Records shown
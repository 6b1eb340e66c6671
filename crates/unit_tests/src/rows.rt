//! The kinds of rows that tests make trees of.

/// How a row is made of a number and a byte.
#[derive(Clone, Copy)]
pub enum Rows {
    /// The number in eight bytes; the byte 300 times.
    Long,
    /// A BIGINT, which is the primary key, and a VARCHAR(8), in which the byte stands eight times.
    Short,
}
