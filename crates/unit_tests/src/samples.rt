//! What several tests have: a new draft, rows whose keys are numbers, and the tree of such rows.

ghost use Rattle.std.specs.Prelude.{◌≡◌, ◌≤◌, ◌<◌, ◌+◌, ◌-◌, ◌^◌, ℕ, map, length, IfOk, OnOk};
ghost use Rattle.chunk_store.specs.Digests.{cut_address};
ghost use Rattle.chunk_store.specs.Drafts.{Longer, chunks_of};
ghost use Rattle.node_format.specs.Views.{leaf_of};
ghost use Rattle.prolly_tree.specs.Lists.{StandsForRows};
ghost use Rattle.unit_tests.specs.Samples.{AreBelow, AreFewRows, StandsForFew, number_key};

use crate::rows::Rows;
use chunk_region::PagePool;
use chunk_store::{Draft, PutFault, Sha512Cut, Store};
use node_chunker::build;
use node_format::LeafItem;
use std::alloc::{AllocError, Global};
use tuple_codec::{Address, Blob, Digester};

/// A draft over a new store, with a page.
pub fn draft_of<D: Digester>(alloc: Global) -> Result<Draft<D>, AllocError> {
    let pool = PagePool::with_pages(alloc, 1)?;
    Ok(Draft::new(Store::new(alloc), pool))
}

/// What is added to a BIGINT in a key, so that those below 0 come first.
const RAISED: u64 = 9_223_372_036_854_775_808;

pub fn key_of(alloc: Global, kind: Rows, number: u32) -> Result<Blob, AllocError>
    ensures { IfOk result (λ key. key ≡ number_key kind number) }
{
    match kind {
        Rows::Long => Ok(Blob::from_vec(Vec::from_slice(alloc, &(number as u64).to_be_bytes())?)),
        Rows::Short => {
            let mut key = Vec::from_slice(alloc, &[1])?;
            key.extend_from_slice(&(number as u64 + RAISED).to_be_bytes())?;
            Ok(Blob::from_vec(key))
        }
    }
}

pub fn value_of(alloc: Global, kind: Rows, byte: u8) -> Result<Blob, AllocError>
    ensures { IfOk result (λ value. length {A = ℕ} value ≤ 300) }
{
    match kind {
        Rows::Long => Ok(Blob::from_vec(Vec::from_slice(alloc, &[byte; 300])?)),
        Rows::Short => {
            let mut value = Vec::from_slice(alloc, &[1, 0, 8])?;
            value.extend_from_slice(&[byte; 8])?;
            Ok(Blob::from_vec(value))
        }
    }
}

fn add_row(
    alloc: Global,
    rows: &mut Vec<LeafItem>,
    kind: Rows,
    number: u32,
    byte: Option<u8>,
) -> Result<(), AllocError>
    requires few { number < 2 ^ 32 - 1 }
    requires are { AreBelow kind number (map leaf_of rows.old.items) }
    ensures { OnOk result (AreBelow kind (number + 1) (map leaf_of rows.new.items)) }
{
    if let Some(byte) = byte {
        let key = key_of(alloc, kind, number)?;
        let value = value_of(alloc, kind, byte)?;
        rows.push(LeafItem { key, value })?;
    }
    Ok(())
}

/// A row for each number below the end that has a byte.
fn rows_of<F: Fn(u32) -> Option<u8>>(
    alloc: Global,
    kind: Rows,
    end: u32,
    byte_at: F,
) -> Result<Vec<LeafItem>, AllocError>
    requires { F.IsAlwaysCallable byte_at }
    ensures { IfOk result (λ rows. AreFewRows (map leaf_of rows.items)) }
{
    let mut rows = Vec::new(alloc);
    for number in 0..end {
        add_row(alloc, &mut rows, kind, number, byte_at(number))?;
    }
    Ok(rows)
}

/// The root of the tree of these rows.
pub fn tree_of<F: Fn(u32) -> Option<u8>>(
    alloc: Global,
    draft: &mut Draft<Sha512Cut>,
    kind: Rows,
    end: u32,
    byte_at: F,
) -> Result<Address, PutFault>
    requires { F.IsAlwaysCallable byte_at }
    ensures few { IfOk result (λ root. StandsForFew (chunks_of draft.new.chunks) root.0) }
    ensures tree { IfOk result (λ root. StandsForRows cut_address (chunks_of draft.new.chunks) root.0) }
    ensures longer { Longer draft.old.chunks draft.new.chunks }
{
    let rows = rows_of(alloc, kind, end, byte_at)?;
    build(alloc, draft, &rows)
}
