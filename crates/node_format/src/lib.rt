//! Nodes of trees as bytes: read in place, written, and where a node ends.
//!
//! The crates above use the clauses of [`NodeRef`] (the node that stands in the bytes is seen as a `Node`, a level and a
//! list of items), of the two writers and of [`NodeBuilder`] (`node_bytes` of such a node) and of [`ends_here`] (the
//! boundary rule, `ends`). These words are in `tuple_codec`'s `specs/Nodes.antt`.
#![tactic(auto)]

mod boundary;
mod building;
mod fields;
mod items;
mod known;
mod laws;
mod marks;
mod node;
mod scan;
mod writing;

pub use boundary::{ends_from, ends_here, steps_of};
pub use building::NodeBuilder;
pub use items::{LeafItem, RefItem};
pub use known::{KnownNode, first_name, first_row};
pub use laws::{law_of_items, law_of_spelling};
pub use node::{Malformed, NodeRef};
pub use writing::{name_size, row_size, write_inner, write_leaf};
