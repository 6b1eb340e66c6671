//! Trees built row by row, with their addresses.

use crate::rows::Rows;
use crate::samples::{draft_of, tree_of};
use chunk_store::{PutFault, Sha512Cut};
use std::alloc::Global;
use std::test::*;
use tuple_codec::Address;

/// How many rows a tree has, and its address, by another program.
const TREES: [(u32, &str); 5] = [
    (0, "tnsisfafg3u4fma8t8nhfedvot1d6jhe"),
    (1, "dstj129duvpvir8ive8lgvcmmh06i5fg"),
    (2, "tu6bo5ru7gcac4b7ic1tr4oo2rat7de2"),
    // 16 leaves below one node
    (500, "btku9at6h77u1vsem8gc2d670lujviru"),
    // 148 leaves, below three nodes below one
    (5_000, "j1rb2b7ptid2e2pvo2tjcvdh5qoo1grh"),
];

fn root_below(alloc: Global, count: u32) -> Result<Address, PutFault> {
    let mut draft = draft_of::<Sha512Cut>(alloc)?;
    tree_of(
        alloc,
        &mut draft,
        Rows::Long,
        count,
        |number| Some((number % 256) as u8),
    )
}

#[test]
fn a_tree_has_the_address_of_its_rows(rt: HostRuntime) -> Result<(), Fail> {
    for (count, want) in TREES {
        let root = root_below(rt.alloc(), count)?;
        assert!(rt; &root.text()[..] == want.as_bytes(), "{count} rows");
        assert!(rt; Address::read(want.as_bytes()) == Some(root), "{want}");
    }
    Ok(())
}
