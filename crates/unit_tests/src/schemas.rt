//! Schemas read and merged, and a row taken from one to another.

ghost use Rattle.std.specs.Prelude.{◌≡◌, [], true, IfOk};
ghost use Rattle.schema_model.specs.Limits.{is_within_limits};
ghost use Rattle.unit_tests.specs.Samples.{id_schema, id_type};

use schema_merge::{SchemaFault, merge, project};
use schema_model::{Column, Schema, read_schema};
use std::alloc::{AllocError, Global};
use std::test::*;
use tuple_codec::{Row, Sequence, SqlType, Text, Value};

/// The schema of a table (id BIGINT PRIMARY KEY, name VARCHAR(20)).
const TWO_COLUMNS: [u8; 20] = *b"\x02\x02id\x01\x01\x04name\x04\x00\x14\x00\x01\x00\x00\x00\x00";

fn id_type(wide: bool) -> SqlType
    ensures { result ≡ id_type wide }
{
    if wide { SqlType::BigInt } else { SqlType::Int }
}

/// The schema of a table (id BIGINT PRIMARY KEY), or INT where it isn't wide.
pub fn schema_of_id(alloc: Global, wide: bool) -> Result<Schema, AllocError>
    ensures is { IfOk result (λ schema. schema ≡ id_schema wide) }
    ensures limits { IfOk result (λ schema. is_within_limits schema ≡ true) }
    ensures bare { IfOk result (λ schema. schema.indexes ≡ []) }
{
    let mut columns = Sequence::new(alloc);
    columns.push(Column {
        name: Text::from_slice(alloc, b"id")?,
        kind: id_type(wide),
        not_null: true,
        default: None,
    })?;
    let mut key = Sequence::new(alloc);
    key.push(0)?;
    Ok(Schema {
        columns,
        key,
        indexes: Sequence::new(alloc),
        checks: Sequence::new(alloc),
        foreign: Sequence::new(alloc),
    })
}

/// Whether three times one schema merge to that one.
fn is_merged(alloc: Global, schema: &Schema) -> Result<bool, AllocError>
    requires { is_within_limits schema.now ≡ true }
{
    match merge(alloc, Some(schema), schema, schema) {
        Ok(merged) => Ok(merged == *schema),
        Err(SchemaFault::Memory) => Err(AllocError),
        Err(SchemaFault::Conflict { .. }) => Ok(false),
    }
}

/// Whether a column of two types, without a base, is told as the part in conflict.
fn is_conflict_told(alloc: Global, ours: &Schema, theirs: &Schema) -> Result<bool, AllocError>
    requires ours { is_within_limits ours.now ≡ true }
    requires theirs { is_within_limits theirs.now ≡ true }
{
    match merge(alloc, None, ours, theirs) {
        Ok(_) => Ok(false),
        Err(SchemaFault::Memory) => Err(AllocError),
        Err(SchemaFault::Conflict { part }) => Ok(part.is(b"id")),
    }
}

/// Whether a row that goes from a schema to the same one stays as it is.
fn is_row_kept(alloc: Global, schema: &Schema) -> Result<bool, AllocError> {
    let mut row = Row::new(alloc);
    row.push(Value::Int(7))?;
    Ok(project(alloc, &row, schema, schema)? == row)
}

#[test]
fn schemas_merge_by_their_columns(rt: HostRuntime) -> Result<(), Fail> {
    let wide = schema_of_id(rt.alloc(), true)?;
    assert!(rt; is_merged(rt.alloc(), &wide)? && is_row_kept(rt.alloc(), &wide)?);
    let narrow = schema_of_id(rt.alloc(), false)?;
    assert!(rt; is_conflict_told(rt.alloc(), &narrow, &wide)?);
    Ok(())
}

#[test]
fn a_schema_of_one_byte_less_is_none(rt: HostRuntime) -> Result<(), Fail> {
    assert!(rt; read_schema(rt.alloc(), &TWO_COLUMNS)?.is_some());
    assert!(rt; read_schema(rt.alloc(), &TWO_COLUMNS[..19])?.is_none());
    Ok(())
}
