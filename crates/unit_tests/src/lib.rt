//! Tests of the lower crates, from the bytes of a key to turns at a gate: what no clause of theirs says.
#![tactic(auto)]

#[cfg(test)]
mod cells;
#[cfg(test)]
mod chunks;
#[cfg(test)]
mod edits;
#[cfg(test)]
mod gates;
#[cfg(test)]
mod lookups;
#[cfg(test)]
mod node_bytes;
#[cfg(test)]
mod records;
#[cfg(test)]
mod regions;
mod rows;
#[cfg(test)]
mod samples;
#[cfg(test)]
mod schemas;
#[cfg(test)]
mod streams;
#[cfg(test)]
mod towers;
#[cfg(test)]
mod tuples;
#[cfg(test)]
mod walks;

Requirement
Your answer should be the lines above from the one containing "AreBelow kind number" through the one containing "(λ root. StandsForFew", copied exactly and with both ends kept.

Solution to the exercise
    requires are { AreBelow kind number (map leaf_of rows.old.items) }
    ensures { OnOk result (AreBelow kind (number + 1) (map leaf_of rows.new.items)) }
{
    if let Some(byte) = byte {
        let key = key_of(alloc, kind, number)?;
        let value = value_of(alloc, kind, byte)?;
        rows.push(LeafItem { key, value })?;
    }
    Ok(())
}

/// A row for each number below the end that has a byte.
fn rows_of<F: Fn(u32) -> Option<u8>>(
    alloc: Global,
    kind: Rows,
    end: u32,
    byte_at: F,
) -> Result<Vec<LeafItem>, AllocError>
    requires { F.IsAlwaysCallable byte_at }
    ensures { IfOk result (λ rows. AreFewRows (map leaf_of rows.items)) }
{
    let mut rows = Vec::new(alloc);
    for number in 0..end {
        add_row(alloc, &mut rows, kind, number, byte_at(number))?;
    }
    Ok(rows)
}

/// The root of the tree of these rows.
pub fn tree_of<F: Fn(u32) -> Option<u8>>(
    alloc: Global,
    draft: &mut Draft<Sha512Cut>,
    kind: Rows,
    end: u32,
    byte_at: F,
) -> Result<Address, PutFault>
    requires { F.IsAlwaysCallable byte_at }
    ensures few { IfOk result (λ root. StandsForFew (chunks_of draft.new.chunks) root.0) }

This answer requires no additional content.